April 9, 2009
Dear Julie,
Sometimes it feels to me as if all of us connected to the Internet are like individual cells in an Earth-sized brain afflicted with ADHD. I'm not alone.
In the latest issue of The Sun magazine, a former senior editor of the Harvard Business Review argues that the Internet may be rewiring our brains to function in new ways, not all of them to our advantage. Nicholas Carr says the Internet may be eroding our ability to contemplate.
The mammoth amount of information only a click away is at once wonderful and overwhelming. Think about it. Does your brain on the Internet operate the same way it does when you sit down to read a book? No, your brain on the Internet jumps from one topic to another. Why? In part, Carr says, because Google and other search engines have trained it to.
In a previous Atlantic article titled "Is Google making us stupid?," Carr pointed out that how much money Google makes is based on how many ads we see and click on, sending us to other pages. Google is all about enabling us to gather as much information as possible as speedily as possible. Just like computers. When we slow down to read deeply, to think about it all, Google loses money.
This "tendency toward distraction," Carr believes, is changing how we think. He cites a study that found experienced web surfers had more activity in the decision-making parts of the brain while people who were not had primary activity in the centers of the brain that control memory, language and visual images. A few days on the web quickly altered the brain activity in the latter group.

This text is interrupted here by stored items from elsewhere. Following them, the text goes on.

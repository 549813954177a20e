//! Whether a source is a piece of a production, and units that are printed.
ghost use Rattle.std.specs.Prelude.{◌≤◌, length};

use crate::case::Production;
use c_ast::{Unit, print};
use c_decl::{declaration, initialiser};
use c_expr::{Parser, SyntaxFault};
use c_stmt::{statement, unit};
use std::alloc::{AllocError, Global};
use std::str;

/// The fault of the expression that comes, if it has one.
fn expression_fault(parser: &mut Parser) -> Option<SyntaxFault> {
    parser.expression().err()
}

/// The fault of the type name that comes, if it has one.
fn type_name_fault(parser: &mut Parser) -> Option<SyntaxFault> {
    parser.type_name().err()
}

/// The fault of the initialiser that comes, if it has one.
fn initialiser_fault(parser: &mut Parser) -> Option<SyntaxFault> {
    initialiser(parser).err()
}

/// The fault of the declaration that comes, if it has one.
fn declaration_fault(parser: &mut Parser) -> Option<SyntaxFault> {
    declaration(parser).err()
}

/// The fault of the statement that comes, if it has one.
fn statement_fault(parser: &mut Parser) -> Option<SyntaxFault> {
    statement(parser).err()
}

/// The fault of a source as a unit, if it has one.
fn unit_fault(alloc: Global, source: &[u8]) -> Option<SyntaxFault>
    requires { length source.now ≤ 16777216 }
{
    unit(alloc, source).err()
}

/// The fault of the piece that comes, if it has one.
fn fault_of(parser: &mut Parser, production: Production) -> Option<SyntaxFault> {
    match production {
        Production::Expression => expression_fault(parser),
        Production::TypeName => type_name_fault(parser),
        Production::Initialiser => initialiser_fault(parser),
        Production::Declaration => declaration_fault(parser),
        Production::Statement => statement_fault(parser),
    }
}

/// A fault, or `whole`.
fn tell_fault(into: &mut String, fault: Option<SyntaxFault>) -> Result<(), AllocError> {
    match fault {
        Some(fault) => write!(into, "{fault}\n"),
        None => write!(into, "whole\n"),
    }
}

/// The line of what is left, or `whole`.
fn tell_behind(into: &mut String, parser: &Parser) -> Result<(), AllocError> {
    match parser.token() {
        Some(token) => {
            let line = token.line;
            write!(into, "line {line}: left\n")
        }
        None => write!(into, "whole\n"),
    }
}

/// The fault of the piece that comes, or what is behind it. T is a typedef name.
fn tell_next(
    into: &mut String,
    parser: &mut Parser,
    production: Production,
) -> Result<(), AllocError> {
    if parser.put_name(b"T", true).is_err() {
        return tell_fault(into, Some(SyntaxFault::Memory));
    }
    match fault_of(parser, production) {
        Some(fault) => tell_fault(into, Some(fault)),
        None => tell_behind(into, parser),
    }
}

/// `whole`, the line of what is left behind the piece, or the fault. T is a typedef name.
pub fn tell_piece(
    alloc: Global,
    production: Production,
    source: &[u8],
) -> Result<String, AllocError>
    requires { length source.now ≤ 16777216 }
{
    let mut told = String::new(alloc);
    match Parser::new(alloc, source) {
        Ok(mut parser) => tell_next(&mut told, &mut parser, production)?,
        Err(fault) => tell_fault(&mut told, Some(fault))?,
    }
    Ok(told)
}

/// `whole`, or the fault of a source as a unit.
pub fn tell_unit(alloc: Global, source: &[u8]) -> Result<String, AllocError>
    requires { length source.now ≤ 16777216 }
{
    let mut told = String::new(alloc);
    tell_fault(&mut told, unit_fault(alloc, source))?;
    Ok(told)
}

/// A unit, printed.
fn tell_tree(alloc: Global, into: &mut String, tree: &Unit) -> Result<(), AllocError> {
    match print(alloc, tree) {
        Ok(text) => {
            let text = str::from_utf8(text.as_slice()).unwrap_or("..");
            write!(into, "{text}\n")
        }
        Err(_) => write!(into, "no memory\n"),
    }
}

/// The unit that a source is, printed, or the fault.
fn tell_print(alloc: Global, into: &mut String, source: &[u8]) -> Result<(), AllocError>
    requires { length source.now ≤ 16777216 }
{
    match unit(alloc, source) {
        Ok(tree) => tell_tree(alloc, into, &tree),
        Err(fault) => tell_fault(into, Some(fault)),
    }
}

/// The unit that a source is, printed, or the fault.
pub fn tell_printed(alloc: Global, source: &[u8]) -> Result<String, AllocError>
    requires { length source.now ≤ 16777216 }
{
    let mut told = String::new(alloc);
    tell_print(alloc, &mut told, source)?;
    Ok(told)
}
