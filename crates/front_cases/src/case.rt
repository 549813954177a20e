//! Cases of the front end: a source, the question that is asked of it, and the answer expected.
/// A case: a source of C, what is asked of it, and what has to be told.
#[derive(Drop)]
pub struct Case {
    pub name: String,
    pub question: Question,
    pub source: Vec<u8>,
    pub told: Vec<u8>,
}

/// What is asked of a source.
#[derive(Clone, Copy, Debug, PartialEq, Eq)]
pub enum Question {
    /// Its tokens, and the fault behind them.
    Tokens,
    /// Whether such a piece stands at its beginning, and what is behind.
    Piece(Production),
    /// Whether it is a unit.
    Unit,
    /// The unit that it is, printed.
    Printed,
    /// Whether the unit that it is breaks a constraint or passes a limit.
    CheckedUnit,
    /// What its declarations declare, and what its expressions are.
    Checked,
    /// What all declarations of the name `x` in it come to.
    Linked,
}

/// A production whose pieces are read.
#[derive(Clone, Copy, Debug, PartialEq, Eq)]
pub enum Production {
    Expression,
    TypeName,
    Initialiser,
    Declaration,
    Statement,
}

/// The question that words ask, if they do.
pub fn question_of(words: &str) -> Option<Question> {
    let question = match words {
        "tokens" => Question::Tokens,
        "expression" => Question::Piece(Production::Expression),
        "type name" => Question::Piece(Production::TypeName),
        "initialiser" => Question::Piece(Production::Initialiser),
        "declaration" => Question::Piece(Production::Declaration),
        "statement" => Question::Piece(Production::Statement),
        "unit" => Question::Unit,
        "printed" => Question::Printed,
        "checked unit" => Question::CheckedUnit,
        "checked" => Question::Checked,
        "linked" => Question::Linked,
        _ => return None,
    };
    Some(question)
}
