//! The options of `simrun`, by their texts.
ghost use Rattle.std.specs.Prelude.{option_map};
ghost use Rattle.clap.specs.Words.{first_value, found_of};
ghost use Rattle.command_words.specs.Found.{IsFound};
ghost use Rattle.command_words.specs.RunWords.{GivesTarget, GivesRun};

use crate::number_words::number_of;
use crate::run_options::RunOptions;
use clap::ArgMatches;
use lcc_base::Order;

/// The order of bytes of the target of this name.
fn order_of(text: Option<&str>) -> Option<Order>
    ensures { IsFound (GivesTarget (option_map (λ s. s.now) text.entry)) result }
{
    match text {
        Some("mipseb") => Some(Order::Big),
        Some("mipsel") => Some(Order::Little),
        _ => None,
    }
}

/// How the options ask for a run, if they do.
pub(crate) fn run_options(options: &ArgMatches) -> Option<RunOptions>
    ensures { IsFound (λ o. GivesRun o (first_value (found_of options.now))) result }
{
    let order = order_of(options.get_str("target"))?;
    let steps = number_of(options.get_str("steps"), 1, u32::MAX, 10_000_000)?;
    let stack = number_of(options.get_str("stack"), 4096, 16_777_216, 1_048_576)?;
    Some(RunOptions {
        order,
        steps,
        stack,
    })
}
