//! Whole units, checked.
ghost use Rattle.std.specs.Prelude.{◌≤◌, length};
ghost use Rattle.c_ast.specs.UnitViews.{unit_of};
ghost use Rattle.c_tree_names.specs.Names.{IsGrammatical};

use crate::telling::tell_fault;
use c_ast::Unit;
use c_check_unit::check_unit;
use c_stmt::unit;
use c_tree_names::denoted_units_are_grammatical;
use std::alloc::{AllocError, Global};

/// `whole`, or the first fault of a unit.
fn tell_check(alloc: Global, into: &mut String, tree: &Unit) -> Result<(), AllocError>
    requires { IsGrammatical (unit_of tree.now) }
{
    match check_unit(alloc, tree) {
        Ok(_) => write!(into, "whole\n"),
        Err(fault) => tell_fault(into, fault),
    }
}

/// `whole`, or the first fault of a source as a unit, or of the unit that it is.
pub fn tell_checked_unit(alloc: Global, source: &[u8]) -> Result<String, AllocError>
    requires { length source.now ≤ 16777216 }
{
    denoted_units_are_grammatical();
    let mut told = String::new(alloc);
    match unit(alloc, source) {
        Ok(tree) => tell_check(alloc, &mut told, &tree)?,
        Err(fault) => write!(&mut told, "{fault}\n")?,
    }
    Ok(told)
}
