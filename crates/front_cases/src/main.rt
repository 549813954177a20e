//! Runs the cases of C's front end that stand in the files which its words name, and tells which of them
//! differ.
//!
//! It prints a line for each file with the number of its cases, a line for each case that differs,
//! and a last line with both numbers. It ends with status 0 where no case differs and each file is
//! read, and else with 1. `docs/CASES.md` has the form of the files.
#![tactic(auto)]

mod answers;
mod case;
mod checking;
mod pieces;
mod reading;
mod telling;
mod tokens;
mod units;

use answers::answer;
use case::Case;
use case_files::{CaseForm, Outcome, Refused, run_files};
use reading::read_cases;
use std::alloc::{AllocError, Global};
use std::process::ExitCode;
use std::{io, str};

/// The longest answer that is told in full.
const SHORT: usize = 400;

/// Cases of the front end: a source, and what has to be told of it.
struct Sources;

/// What a case gave otherwise than it has to: an empty text where nothing.
fn difference(alloc: Global, case: &Case) -> Result<String, AllocError> {
    let told = answer(alloc, case.question, &case.source)?;
    let mut text = String::new(alloc);
    if told.as_slice() == case.told.as_slice() {
        return Ok(text);
    }
    if told.len() <= SHORT {
        if let Ok(short) = str::from_utf8(&told) {
            write!(&mut text, "told {short:?}")?;
            return Ok(text);
        }
    }
    let length = told.len();
    write!(&mut text, "told {length} bytes")?;
    Ok(text)
}

/// Runs the cases of a file.
fn run_cases(alloc: Global, cases: &[Case]) -> Result<Outcome, AllocError> {
    let mut differing = Vec::new(alloc);
    for case in cases {
        let difference = difference(alloc, case)?;
        if !difference.is_empty() {
            let name = &case.name;
            differing.push(format!(in alloc; " {name}: {difference}")?)?;
        }
    }
    Ok(Outcome {
        cases: cases.len() as u64,
        differing,
    })
}

impl CaseForm for Sources {
    fn run(&self, alloc: Global, text: &str) -> Result<Outcome, Refused> {
        let cases = read_cases(alloc, text)?;
        Ok(run_cases(alloc, &cases)?)
    }
}

fn main(rt: HostRuntime) -> io::Result<ExitCode> {
    run_files(&rt, &Sources)
}
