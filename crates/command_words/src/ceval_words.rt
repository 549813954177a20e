//! The options of `ceval`, by their texts.
ghost use Rattle.std.specs.Prelude.{option_map};
ghost use Rattle.clap.specs.Words.{first_value, found_of};
ghost use Rattle.command_words.specs.Found.{IsFound};
ghost use Rattle.command_words.specs.CevalWords.{GivesOrder, GivesCeval};

use crate::ceval_options::CevalOptions;
use crate::number_words::number_of;
use clap::ArgMatches;
use lcc_base::Order;

/// The order of bytes of this name.
fn order_of(text: Option<&str>) -> Option<Order>
    ensures { IsFound (GivesOrder (option_map (λ s. s.now) text.entry)) result }
{
    match text {
        Some("big") => Some(Order::Big),
        Some("little") => Some(Order::Little),
        _ => None,
    }
}

/// How the options ask for a run, if they do.
pub(crate) fn ceval_options(options: &ArgMatches) -> Option<CevalOptions>
    ensures { IsFound (λ o. GivesCeval o (first_value (found_of options.now))) result }
{
    let order = order_of(options.get_str("order"))?;
    let turns = number_of(options.get_str("turns"), 1, u32::MAX, 10_000_000)?;
    Some(CevalOptions { order, turns })
}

Part of me says, This plane left the airport decades ago. Although the ultimate destination is unknown, this is where we're going, Another part of me, the part that has spent hours happily staring out at the Pacific Ocean, that has swum in the sea of meditation, wonders if developing minds that work more like computers means we forfeit something too, perhaps wonder itself.
Is the Internet merely a remarkable tool or are we, in ways we don't yet comprehend, being shaped by the medium itself? Marshall McLuhan, whatcha doin'?
Anyone who has learned to play a musical instrument or has acquired any new ability knows that we get whatever we concentrate on. The more we concentrate, the more we get. It seems reasonable that concentrating on moving from one piece of information to another could make it more difficult to concentrate on what those pieces of information mean to us.
If I may have your undivided attention: We must do what we can to keep these regions that make us human from being neglected. Read books, spend more time in the real world and less time in the virtual one.
Earlier this week at a Cape Girardeau pharmacy, a young worker filling orders wore a T-shirt labeling her "Easily Distracted." The elderly customers waiting for prescriptions hid their amusement well.
Love, Sam
Sam Blackwell is a former reporter for the Southeast Missourian.